Create a table for Amazon WAF logs without partitioning

This section describes how to create a table for Amazon WAF logs without partitioning or partition projection.

Note

For performance and cost reasons, we do not recommend using non-partitioned schema for queries. For more information, see Top 10 Performance Tuning Tips for Amazon Athena in the Amazon Big Data Blog.

To create the Amazon WAF table
  1. Copy and paste the following DDL statement into the Athena console. Modify the fields as necessary to match your log output. Modify the LOCATION for the Amazon S3 bucket to correspond to the one that stores your logs.

    This query uses the OpenX JSON SerDe.

    Note

    The SerDe expects each JSON document to be on a single line of text with no line termination characters separating the fields in the record. If the JSON text is in pretty print format, you may receive an error message like HIVE_CURSOR_ERROR: Row is not a valid JSON Object or HIVE_CURSOR_ERROR: JsonParseException: Unexpected end-of-input: expected close marker for OBJECT when you attempt to query the table after you create it. For more information, see JSON Data Files in the OpenX SerDe documentation on GitHub.
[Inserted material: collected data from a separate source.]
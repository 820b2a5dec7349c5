//! Names of arrays in C.
ghost use Rattle.std.specs.Prelude.{◌≡◌, IfOk, string_bytes};
ghost use Rattle.std.specs.List.{list_any};
ghost use Rattle.std.specs.Str.{bytes_eq};
ghost use Rattle.ot_c_names.specs.Names as meant;

use std::alloc::{AllocError, Global};

/// Words that no array is called by in C that is written here: the keywords of C and of its compilers, what their
/// headers name, what a program calls by itself, and the words of directives.
const TAKEN: [&str; 83] = [
    "alignas",
    "alignof",
    "asm",
    "at",
    "auto",
    "bool",
    "break",
    "case",
    "char",
    "const",
    "constexpr",
    "continue",
    "default",
    "define",
    "depend",
    "do",
    "double",
    "else",
    "enum",
    "extern",
    "false",
    "firstprivate",
    "float",
    "for",
    "goto",
    "i386",
    "if",
    "in",
    "in_reduction",
    "include",
    "inline",
    "inout",
    "int",
    "iterator",
    "linux",
    "long",
    "main",
    "masked",
    "master",
    "max",
    "mergeable",
    "min",
    "none",
    "nullptr",
    "num_threads",
    "omp",
    "out",
    "parallel",
    "pragma",
    "printf",
    "priority",
    "register",
    "restrict",
    "return",
    "shared",
    "short",
    "show",
    "signed",
    "single",
    "size_t",
    "sizeof",
    "static",
    "static_assert",
    "struct",
    "switch",
    "task",
    "task_reduction",
    "taskgroup",
    "taskwait",
    "taskyield",
    "thread_local",
    "true",
    "typedef",
    "typeof",
    "typeof_unqual",
    "uint64_t",
    "union",
    "unix",
    "unsigned",
    "untied",
    "void",
    "volatile",
    "while",
];

fn is_among(words: &[&str], name: &str) -> bool
    ensures { result ≡ list_any (λ word. bytes_eq word.now name.now) words.now }
{
    for word in words {
        if *word == name {
            return true;
        }
    }
    false
}

/// Whether no array is called by this word in C.
pub fn is_taken(name: &str) -> bool
    ensures { result ≡ meant.is_taken name.now }
{
    is_among(&TAKEN, name)
}

/// The name in C of an array: its own, behind `A_` where that is taken. Names of arrays have no capitals, so the one that
/// is made up is no other array's. Its one refusal is of memory.
pub fn name_in_c(alloc: Global, name: &str) -> Result<String, AllocError>
    ensures { IfOk result (λ called. string_bytes called ≡ meant.name_in_c name.now) }
{
    if is_taken(name) {
        return format!(in alloc; "A_{name}");
    }
    String::from_str(alloc, name)
}

/// The name of the array that is called so in C.
pub fn own_name(name: &str) -> &str
    ensures { result.now ≡ meant.own_name name.now }
{
    match name.strip_prefix("A_") {
        Some(own) if is_taken(own) => own,
        _ => name,
    }
}
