/// What a trace begins with.
impl<'a> Trace<'a> {
    fn new(alloc: Global, code: &'a Code, closed: &'a [bool]) -> Result<Trace<'a>, AllocError> {
        let spots = spots_of(alloc, code)?;
        let mut graph = Graph::new(alloc)?;
        let given = graph.value(ANY)?;
        let slots = spots.slots.min(SLOTS);
        if spots.slots > SLOTS {
            graph.is_full = true;
        }
        Ok(Trace {
            alloc,
            code,
            spots,
            closed,
            graph,
            asked: Vec::new(alloc),
            loads: Vec::new(alloc),
            stores: Vec::new(alloc),
            starts: Vec::new(alloc),
            bounds: Vec::new(alloc),
            meetings: Vec::new(alloc),
            free_stores: Vec::new(alloc),
            globals: BTreeMap::new(alloc),
            cells: BTreeMap::new(alloc),
            now: vec![in alloc; PLAIN; slots]?,
            seen: vec![in alloc; Seen {
                stamp: 0,
                value: PLAIN
            }; slots]?,
            stamp: 0,
            log: Vec::new(alloc),
            sources: vec![in alloc; NEVER; code.forms.len()]?,
            loops: Vec::new(alloc),
            heads: Vec::new(alloc),
            functions: Vec::new(alloc),
            passed: Vec::new(alloc),
            given,
            flags: BTreeMap::new(alloc),
            function: NONE,
            entry: entry_of(code),
            base: 0,
            task: 0,
            regions: 0,
            at: 0,
            work: 0,
        })
    }

    /// Functions with so many parameters.
    fn calls(&mut self, parameters: &[u32]) -> Result<(), AllocError> {
        for number in 0..self.code.functions.len() {
            let count = match parameters.get(number) {
                Some(count) => *count,
                None => 0,
            };
            let gives = self.graph.value(ANY)?;
            let first = gives.saturating_add(1);
            for _ in 0..count {
                self.graph.value(ANY)?;
            }
            self.functions.push(Called {
                first,
                count,
                gives,
            })?;
        }
        Ok(())
    }

    /// Functions that are values may be called by any value.
    fn takes(&mut self) -> Result<(), AllocError> {
        let code = self.code;
        let mut is_taken = vec![in self.alloc; false; code.functions.len()]?;
        for form in &code.forms {
            if let Form::Function(_, number) = form {
                if let Some(taken) = is_taken.get_mut(*number as usize) {
                    if !*taken {
                        *taken = true;
                        self.take(*number)?;
                    }
                }
            }
        }
        Ok(())
    }

    fn take(&mut self, number: u32) -> Result<(), AllocError> {
        let Some(called) = self.functions.get(number as usize).copied() else {
            return Ok(());
        };
        for parameter in 0..called.count {
            let passed = match self.passed.get(parameter as usize) {
                Some(passed) => *passed,
                None => {
                    let passed = self.graph.value(ANY)?;
                    self.passed.push(passed)?;
                    passed
                }
            };
            let to = called.first.saturating_add(parameter);
            self.graph.link(passed, to, Going::Is)?;
        }
        self.graph.link(called.gives, self.given, Going::Is)
    }
}
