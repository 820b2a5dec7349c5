//! A tenant's book: its arrays, its requests in order and what it was told of each.
#![tactic(auto)]

pub mod book;
pub mod code;
pub mod executor;
mod kept;
pub mod laws;
mod named;
mod reading;
pub mod reply;
mod request;
mod shelf;
mod step;
pub mod told;

pub use book::{Book, Entry, Opened};
pub use code::Code;
pub use executor::{Executor, NotDone, Solo};
pub use reading::{read_arrays, read_line, read_name, read_numbers, read_size};
pub use reply::{Reply, reply_text, write_numbers};
pub use step::is_checkpoint;
pub use told::Told;
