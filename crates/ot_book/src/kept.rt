ghost use Rattle.std.specs.Prelude.{◌≡◌, ◌<◌, IsTrue, string_bytes, IfSome, MatchOption};
ghost use Rattle.ot_model.specs.Programs.{arrays_of};

use crate::named::cells_named;
use ot_check::Checked;
use ot_model::{ArrayShape, Shape};
use std::marker::Model;
use std::sync::Arc;

/// A line that was read, with what it could name then and its program, which can't race. It needn't be read again
/// where it comes again and may name the same.
#[derive(Drop)]
pub(crate) struct Kept {
    line: Vec<u8>,
    shape: Shape,
    checked: Arc<Checked>,
    // How many cells the program names.
    named: u32,
}

/// How many cells the programs that are kept may name in all.
pub(crate) const MAX_NAMED: u32 = 262_144;

impl Model for Kept {
    ghost use Rattle.std.specs.Coded.{codes};
    ghost use Rattle.ot_check.specs.contracts.checked.Checked as e;
    ghost use Rattle.ot_book.specs.Readings.{Reading, IsReading};
    ghost use Rattle.ot_book.specs.Shelves.{IsCounted};

    ghost Value = { Reading };

    ghost coded = { Prim.hlevel (codes, e.the_row.coded) };

    ghost use Rattle.std.specs.Arc.{arc_value};

    ghost view = { λ k. record { line = k.line.items; shape = k.shape; checked = arc_value k.checked } };

    ghost invariant = { λ k.
        let r : Reading = record { line = k.line.items; shape = k.shape; checked = arc_value k.checked } in
        IsReading r × IsCounted r k.named };
}

impl Kept {
    ghost use Rattle.std.specs.Arc.{arc_value};
    ghost use Rattle.ot_book.specs.Readings.{Reading, IsReading};
    ghost use Rattle.ot_book.specs.Shelves.{named_of, IsCounted};

    /// What was read, unless its program alone names more cells than all that are kept may. It takes no memory, and looks
    /// once at the program.
    pub(crate) fn new(line: Vec<u8>, shape: Shape, checked: Arc<Checked>) -> Option<Kept>
        requires { IsReading (record { line = line.items; shape = shape; checked = arc_value checked }) }
        ensures { let r : Reading = record { line = line.items; shape = shape; checked = arc_value checked } in
            MatchOption result (262144 < named_of r) (λ kept. kept ≡ r) }
    {
        let named = cells_named(&checked.program.body);
        if named > MAX_NAMED {
            return None;
        }
        Some(Kept {
            line,
            shape,
            checked,
            named,
        })
    }

    /// Whether it is this line, over whatever it was read.
    pub(crate) fn is_line(&self, line: &[u8]) -> bool
        ensures { IsTrue result → line.now ≡ self.now.line }
    {
        self.line.as_slice() == line
    }

    /// The statements of its program, at most 20,000.
    pub(crate) fn statements(&self) -> u32
        ensures { result ≡ self.now.checked.program.statements }
    {
        self.checked.program.statements
    }

    /// How many cells its program names.
    pub(crate) fn named(&self) -> u32
        ensures { IsCounted self.now result }
    {
        self.named
    }

    /// The program, if it was read of this line over this shape. It takes no memory, and is refused only where more
    /// hold it than can be counted.
    pub(crate) fn program(&self, line: &[u8], shape: &Shape) -> Option<Arc<Checked>>
        ensures reading { IfSome result (λ checked.
            IsReading (record { line = line.now; shape = shape.now; checked = arc_value checked })) }
        ensures kept { IfSome result (λ checked.
            self.now ≡ record { line = line.now; shape = shape.now; checked = arc_value checked }) }
    {
        if !self.is_line(line) || !same_shape(&self.shape, shape) {
            return None;
        }
        Arc::try_clone(&self.checked).ok()
    }
}

/// Whether two shapes are the same.
fn same_shape(one: &Shape, other: &Shape) -> bool
    ensures { IsTrue result → one.now ≡ other.now }
{
    one.tasks() == other.tasks() && same_arrays(one.arrays(), other.arrays())
}

fn same_arrays(one: &[ArrayShape], other: &[ArrayShape]) -> bool
    ensures { IsTrue result → arrays_of one.now ≡ arrays_of other.now }
{
    if one.len() != other.len() {
        return false;
    }
    for i in 0..one.len() {
        if !same_array(&one[i], &other[i]) {
            return false;
        }
    }
    true
}

fn same_array(one: &ArrayShape, other: &ArrayShape) -> bool
    ensures name { IsTrue result → string_bytes one.now.name ≡ string_bytes other.now.name }
    ensures len { IsTrue result → one.now.len ≡ other.now.len }
{
    one.len == other.len && one.name.as_str() == other.name.as_str()
}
    CREATE EXTERNAL TABLE `waf_logs`( `timestamp` bigint, `formatversion` int, `webaclid` string, `terminatingruleid` string, `terminatingruletype` string, `action` string, `terminatingrulematchdetails` array < struct < conditiontype: string, sensitivitylevel: string, location: string, matcheddata: array < string > > >, `httpsourcename` string, `httpsourceid` string, `rulegrouplist` array < struct < rulegroupid: string, terminatingrule: struct < ruleid: string, action: string, rulematchdetails: array < struct < conditiontype: string, sensitivitylevel: string, location: string, matcheddata: array < string > > > >, nonterminatingmatchingrules: array < struct < ruleid: string, action: string, overriddenaction: string, rulematchdetails: array < struct < conditiontype: string, sensitivitylevel: string, location: string, matcheddata: array < string > > >, challengeresponse: struct < responsecode: string, solvetimestamp: string >, captcharesponse: struct < responsecode: string, solvetimestamp: string > > >, excludedrules: string > >, `ratebasedrulelist` array < struct < ratebasedruleid: string, limitkey: string, maxrateallowed: int > >, `nonterminatingmatchingrules` array < struct < ruleid: string, action: string, rulematchdetails: array < struct < conditiontype: string, sensitivitylevel: string, location: string, matcheddata: array < string > > >, challengeresponse: struct < responsecode: string, solvetimestamp: string >, captcharesponse: struct < responsecode: string, solvetimestamp: string > > >, `requestheadersinserted` array < struct < name: string, value: string > >, `responsecodesent` string, `httprequest` struct < clientip: string, country: string, headers: array < struct < name: string, value: string > >, uri: string, args: string, httpversion: string, httpmethod: string, requestid: string >, `labels` array < struct < name: string > >, `captcharesponse` struct < responsecode: string, solvetimestamp: string, failureReason: string >, `challengeresponse` struct < responsecode: string, solvetimestamp: string, failureReason: string >, `ja3Fingerprint` string, `oversizefields` string, `requestbodysize` int, `requestbodysizeinspectedbywaf` int ) ROW FORMAT SERDE 'org.openx.data.jsonserde.JsonSerDe' STORED AS INPUTFORMAT 'org.apache.hadoop.mapred.TextInputFormat' OUTPUTFORMAT 'org.apache.hadoop.hive.ql.io.HiveIgnoreKeyTextOutputFormat' LOCATION 's3://amzn-s3-demo-bucket/prefix/'
  2. Run the CREATE EXTERNAL TABLE statement in the Athena console query editor. This registers the waf_logs table and makes the data in it available for queries from Athena.